When and How Is Respect Earned?
How many times have you heard phrases like, “You have to earn my respect”, or, “Respect has to be earned”? I have heard that said many times in my life. There have been times when I’ve heard one person say it to another. Sometimes it has been said to me or about me. Other times I have even said it myself. Thing is though the more I think about the idea of having to earn respect the more I question what it really means. When and how is respect earned exactly? How do you do it and how do you know?
Click to watch my video about having to earn respect
If I had a toothache and needed some help I’d go see a dentist. A dentist would know what was wrong with my tooth and how to best help me with it. I would have respect for their judgment and experience. More so than someone in a bar who said they know a bit about teeth and would have a look if I bought them a drink. Neither have actually done anything in front of me to earn any respect to have confidence in them. Yet I’d choose the dentist. I’d trust their motives and ability to help me rather than the guy in the bar.
That’s a professional respect. On a personal level when it comes to respect having to be earned I have noticed there is a pattern. Normally when someone tells me I have to earn their respect it’s been on the back of them actually disrespecting me in some way. Telling me I must earn their respect actually sounds like, “I will be as bad mannered, offensive, abusive and downright nasty as I want. I’ll decide when I’ll no longer treat you this way. I’ll eventually decide the standard you must reach before I’ll show you any positive regard. Until then just suck it up.”
Perhaps ask someone who claims respect is earned could two questions. Firstly, “Is that what you teach your children?” Would they really allow others to be as hurtful and abusive as they want towards their children? Would they tell their children it’s because of a fault or deficit on their part, not the aggressors? Is it reasonable to tell a child that they must reach a standard or level decided by someone else before they’ll stop being horrid to them?
The second question is this. “What exactly have you done to earn mine?” I am aware this question may sound passive aggressive however I think it is more about exploring with intent.

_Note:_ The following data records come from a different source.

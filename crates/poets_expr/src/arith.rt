//! The operators on values.
ghost use Rattle.std.specs.Prelude.{◌≡◌, pos, ◌+ℤ◌, ◌-ℤ◌, ◌*ℤ◌, neg_ℤ, int_div, int_rem, int_lt, int_le, ◌≢◌};
ghost use Rattle.poets_expr.specs.Val.{day_at, sum, difference, product, divided, equal, resource_of, ordered, if_equal, bool_eq};
ghost use Rattle.poets_expr.specs.Val as val;
ghost use Rattle.poets_expr.specs.Env.{same_name};

use crate::expr::Op;
use poets_value::{Day, Name, Resource, Value};

// The whole number, or none for the least `i64`.
fn whole(n: i64) -> Option<Value>
    ensures { result ≡ val.whole n }
{
    if n == i64::MIN {
        None
    } else {
        Some(Value::Int(n))
    }
}

// The day so many days before a day.
fn days_before(day: Day, count: i64) -> Option<Value>
    ensures { result ≡ day_at (day -ℤ count) }
{
    let number = day.number().checked_sub(count)?;
    Some(Value::Day(Day::from_number(number)?))
}

fn add(x: Value, y: Value) -> Option<Value>
    ensures { result ≡ sum x y }
{
    match (&x, &y) {
        (Value::Int(x), Value::Int(y)) => whole(x.checked_add(*y)?),
        (Value::Day(x), Value::Int(y)) => Some(Value::Day(x.plus_days(*y)?)),
        _ => None,
    }
}

fn subtract(x: Value, y: Value) -> Option<Value>
    ensures { result ≡ difference x y }
{
    match (&x, &y) {
        (Value::Int(x), Value::Int(y)) => whole(x.checked_sub(*y)?),
        (Value::Day(x), Value::Int(y)) => days_before(*x, *y),
        (Value::Day(x), Value::Day(y)) => whole(x.number() - y.number()),
        _ => None,
    }
}

fn multiply(x: Value, y: Value) -> Option<Value>
    ensures { result ≡ product x y }
{
    match (x, y) {
        (Value::Int(x), Value::Int(y)) => whole(x.checked_mul(y)?),
        _ => None,
    }
}

fn divide(x: Value, y: Value) -> Option<Value>
    ensures { result ≡ divided int_div x y }
{
    match (x, y) {
        (Value::Int(x), Value::Int(y)) => whole(x.checked_div(y)?),
        _ => None,
    }
}

// A remainder is never the least `i64`, but the division that goes with it can be out of range.
fn remainder(x: Value, y: Value) -> Option<Value>
    ensures { result ≡ divided int_rem x y }
{
    match (x, y) {
        (Value::Int(_), Value::Int(0)) => None,
        (Value::Int(_), Value::Int(-1)) => Some(Value::Int(0)),
        (Value::Int(x), Value::Int(y)) => Some(Value::Int(x % y)),
        _ => None,
    }
}

// Whether two values of one type are equal.
fn equals(x: Value, y: Value) -> Option<bool>
    ensures { result ≡ equal x y }
{
    match (&x, &y) {
        (Value::Int(x), Value::Int(y)) => Some(x == y),
        (Value::Bool(x), Value::Bool(y)) => Some(x == y),
        (Value::Agent(x), Value::Agent(y)) => Some(x == y),
        (Value::Kind(x), Value::Kind(y)) => Some(x == y),
        (Value::Resource(x), Value::Resource(y)) => Some(x == y),
        (Value::Day(x), Value::Day(y)) => Some(x == y),
        _ => None,
    }
}

// Whether the answer to "are they equal" is the wanted one.
fn when_equal(x: Value, y: Value, wanted: bool) -> Option<Value>
    ensures { result ≡ if_equal (λ b. bool_eq b wanted) (equal x y) }
{
    Some(Value::Bool(equals(x, y)? == wanted))
}

fn less(x: Value, y: Value) -> Option<Value>
    ensures { result ≡ ordered int_lt x y }
{
    match (&x, &y) {
        (Value::Int(x), Value::Int(y)) => Some(Value::Bool(x < y)),
        (Value::Day(x), Value::Day(y)) => Some(Value::Bool(x < y)),
        _ => None,
    }
}

fn at_most(x: Value, y: Value) -> Option<Value>
    ensures { result ≡ ordered int_le x y }
{
    match (&x, &y) {
        (Value::Int(x), Value::Int(y)) => Some(Value::Bool(x <= y)),
        (Value::Day(x), Value::Day(y)) => Some(Value::Bool(x <= y)),
        _ => None,
    }
}

// The value of an operator other than `and` and `or` at its operands' values.
pub(crate) fn binary(op: Op, x: Value, y: Value) -> Option<Value>
    requires and { op ≢ Op.And }
    requires or { op ≢ Op.Or }
    ensures { result ≡ val.binary op (Some x) (Some y) }
{
    match op {
        Op::Add => add(x, y),
        Op::Sub => subtract(x, y),
        Op::Mul => multiply(x, y),
        Op::Div => divide(x, y),
        Op::Rem => remainder(x, y),
        Op::Eq => when_equal(x, y, true),
        Op::Ne => when_equal(x, y, false),
        Op::Lt => less(x, y),
        Op::Le => at_most(x, y),
        Op::Gt => less(y, x),
        Op::Ge => at_most(y, x),
        Op::And | Op::Or => unreachable!(),
    }
}

// The truth value, or none for a value of another type.
pub(crate) fn truth_value(x: Value) -> Option<Value>
    ensures { result ≡ val.truth_value (Some x) }
{
    match x {
        Value::Bool(b) => Some(Value::Bool(b)),
        _ => None,
    }
}

// The resource of an amount and a kind.
pub(crate) fn make(x: Value, y: Value) -> Option<Value>
    ensures { result ≡ resource_of x y }
{
    match (x, y) {
        (Value::Int(amount), Value::Kind(kind)) => {
            Some(Value::Resource(Resource { amount, kind }))
        }
        _ => None,
    }
}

I rather believe that respect is given, not earned. Over the years I have given respect and shown positive regard to others, but over time they have eroded that respect away with their attitudes and behaviours towards me, while telling me I don’t deserve theirs for no reason other than what is in their heads. It’s as if they’re justifying their abuse. Their behaviour and attitude towards me led me to lose respect for them, sometimes a piece at a time until maybe all that’s left is pity and disappointment towards them.